DIRECTIONS FOR THIS TASK
The response must contain every line below in which "copy" appears.

THE DATA

== Segment start ==

//! The rows as a script's statements so far leave them.
ghost use Rattle.std.specs.{Prelude.{◌≡◌, ◌+◌, ◌≤◌, ◌++◌, ◌↔◌, [], IsTrue, IfOk, OnOk}, Option.option_copied, Ordering.int_cmp, FinMap.Entries.is_sorted};
ghost use Rattle.std.specs.FinMap as map;
ghost use Rattle.pm_rows.specs.{Fold.changed, Limits.max_rows_bytes, Size.size_of};
ghost use Rattle.pm_query.specs.{Changes.{left_at, rows_at, size_at}, Merge.laid, Answer.row_at};

use crate::pairs::{Listing, Pairs};
use pm_rows::{Change, MAX_ROWS_BYTES, Rows, RowsIter, Text};
use std::alloc::{AllocError, Global};
use std::cmp::Ordering;
use std::collections::{BTreeMap, btree_map};
use std::marker::Model;

/// The table, and over it what was changed so far: a value for each key that was put, and none for each that was deleted.
/// Contracts see it as the rows that both make. The list of all rows is kept, where it was made since the last change.
#[derive(Drop)]
pub(crate) struct Draft<'a> {
    table: &'a Rows,
    changes: BTreeMap<i64, Option<Text>>,
    count: usize,
    size: u128,
    listed: Option<Pairs>,
}

impl<'a> Model for Draft<'a> {
    ghost use Rattle.std.specs.Coded.{coded_ℤ, coded_ℕ, coded_list};
    ghost use Rattle.std.specs.FinMap as map;
    ghost use Rattle.pm_rows.specs.Fold.{RowMap};

    ghost Value = { RowMap };

    ghost coded = { map.code coded_ℤ (coded_list coded_ℕ) };

    ghost use Rattle.pm_query.specs.{Changes.laid_over, Draft.IsDraft};

    ghost view = { λ draft. laid_over draft.table.now draft.changes.entries };

    ghost invariant = { λ draft. IsDraft draft.table.now draft.changes draft.count draft.size draft.listed };
}

impl<'a> Draft<'a> {
    /// The table, unchanged. A table of 2^64 bytes can't be kept in memory, so it counts as want of memory.
    pub(crate) fn of(alloc: Global, table: &'a Rows) -> Result<Draft<'a>, AllocError>
        ensures { IfOk result (λ draft. draft ≡ table.now) }
    {
        let size = table.size();
        if size == u64::MAX {
            return Err(AllocError);
        }
        Ok(Draft {
            table,
            changes: BTreeMap::new(alloc),
            count: table.len(),
            size: u128::from(size),
            listed: None,
        })
    }

    /// The value of the row of a key, where there is one.
    pub(crate) fn get(&self, key: i64) -> Option<&Text>
        ensures { option_copied result ≡ map.get self.now key }
    {
        match self.changes.get(&key) {
            Some(value) => value.as_ref(),
            None => self.table.get(key),
        }
    }

    /// The number of rows.
    pub(crate) fn len(&self) -> usize
        ensures { result ≡ map.len self.now }
    {
        self.count
    }

    /// Whether the rows with this value at this key keep the limit on their size.
    pub(crate) fn fits(&self, key: i64, value: &Text) -> bool
        ensures { IsTrue result ↔ (size_of (map.insert self.now key value.now) ≤ max_rows_bytes) }
    {
        let (_, added) = row_of(Some(value));
        // The row that goes is looked up only where its bytes decide.
        keeps_limit(self.size, added) || keeps_limit(self.others(key).1, added)
    }

    /// Makes a change.
    pub(crate) fn make(&mut self, change: &Change) -> Result<(), AllocError>
        ensures { OnOk result (self.new ≡ changed self.old change.now) }
    {
        match change {
            Change::Put { key, value } => self.set(*key, Some(value.copy()?)),
            Change::Del { key } => self.set(*key, None),
        }
    }

    // Leaves this at a key: a row with this value, or none. Numbers that overflow would be those of more rows than
    // memory can hold.
    fn set(&mut self, key: i64, value: Option<Text>) -> Result<(), AllocError>
        ensures { OnOk result (self.new ≡ left_at self.old key value) }
    {
        let (rows, bytes) = self.others(key);
        let (rows_added, bytes_added) = row_of(value.as_ref());
        let count = rows.checked_add(rows_added).ok_or(AllocError)?;
        let size = bytes.checked_add(bytes_added).ok_or(AllocError)?;
        self.changes.insert(key, value)?;
        self.count = count;
        self.size = size;
        self.listed = None;
        Ok(())
    }

    // How many rows there are but for that of a key, and how many bytes they take.
    fn others(&self, key: i64) -> (usize, u128)
        ensures rows { result.0 + rows_at (map.get self.now key) ≡ map.len self.now }
        ensures bytes { result.1 + size_at (map.get self.now key) ≡ size_of self.now }
    {
        let (rows, bytes) = row_of(self.get(key));
        (self.count - rows, self.size - bytes)
    }

    /// All rows, by rising key. They are listed once for as long as nothing is changed, and all answers share that list.
    pub(crate) fn pairs(&mut self, alloc: Global) -> Result<Pairs, AllocError>
        ensures pairs { IfOk result (λ pairs. pairs ≡ map.entries self.old) }
        ensures unchanged { self.new ≡ self.old }
    {
        if let Some(pairs) = &self.listed {
            return pairs.copy();
        }
        let pairs = self.list(alloc)?;
        self.listed = Some(pairs.copy()?);
        Ok(pairs)
    }

    // Lists all rows, by rising key.
    fn list(&self, alloc: Global) -> Result<Pairs, AllocError>
        ensures { IfOk result (λ pairs. pairs ≡ map.entries self.now) }
    {
        let listing = Listing::with_room(alloc, self.count)?;
        merged(listing, self.table.iter(), self.changes.iter())
    }
}

// How many rows there are at a key that has this value or none, and how many bytes they take.
fn row_of(value: Option<&Text>) -> (usize, u128)
    ensures rows { result.0 ≡ rows_at (option_copied value.entry) }
    ensures bytes { result.1 ≡ size_at (option_copied value.entry) }
{
    match value {
        Some(value) => (1, 12 + value.as_str().len() as u128),
        None => (0, 0),
    }
}

// Whether rows of so many bytes and one of so many more keep the limit on their size.
fn keeps_limit(bytes: u128, added: u128) -> bool
    ensures { IsTrue result ↔ (bytes + added ≤ max_rows_bytes) }
{
    bytes.saturating_add(added) <= u128::from(MAX_ROWS_BYTES)
}

// The rows and the changes over them, both by rising key, as one list.
fn merged<'a>(
    mut listing: Listing,
    mut rows: RowsIter<'a>,
    mut changes: btree_map::Iter<'a, i64, Option<Text>>,
) -> Result<Pairs, AllocError>
    requires rows { IsTrue (is_sorted int_cmp rows) }
    requires changes { IsTrue (is_sorted int_cmp changes) }
    requires empty { listing ≡ [] }
    ensures { IfOk result (λ pairs. pairs ≡ laid rows.entry changes.entry) }
{
    let mut row = rows.next();
    let mut change = changes.next();
    loop {
        match (row, change) {
            (None, None) => return listing.shared(),
            (Some(next), None) => {
                listing.push(next)?;
                row = rows.next();
            }
            (None, Some(next)) => {
                push_change(&mut listing, next)?;
                change = changes.next();
            }
            (Some(next), Some(next_change)) => match next.0.cmp(next_change.0) {
                Ordering::Less => {
                    listing.push(next)?;
                    row = rows.next();
                }
                Ordering::Equal => {
                    push_change(&mut listing, next_change)?;
                    row = rows.next();
                    change = changes.next();
                }
                Ordering::Greater => {
                    push_change(&mut listing, next_change)?;
                    change = changes.next();
                }
            },
        }
    }
}

// Adds the row of a changed key that has a value.
fn push_change(listing: &mut Listing, change: (&i64, &Option<Text>)) -> Result<(), AllocError>
    ensures { OnOk result (listing.new ≡ listing.old ++ row_at change.entry.0.now
        change.entry.1.now) }
{
    let (key, value) = change;
    match value {
        Some(value) => listing.push((*key, value)),
        None => Ok(()),
    }
}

== Segment end ==

WRITTEN RESPONSE
            Change::Put { key, value } => self.set(*key, Some(value.copy()?)),
            return pairs.copy();
        self.listed = Some(pairs.copy()?);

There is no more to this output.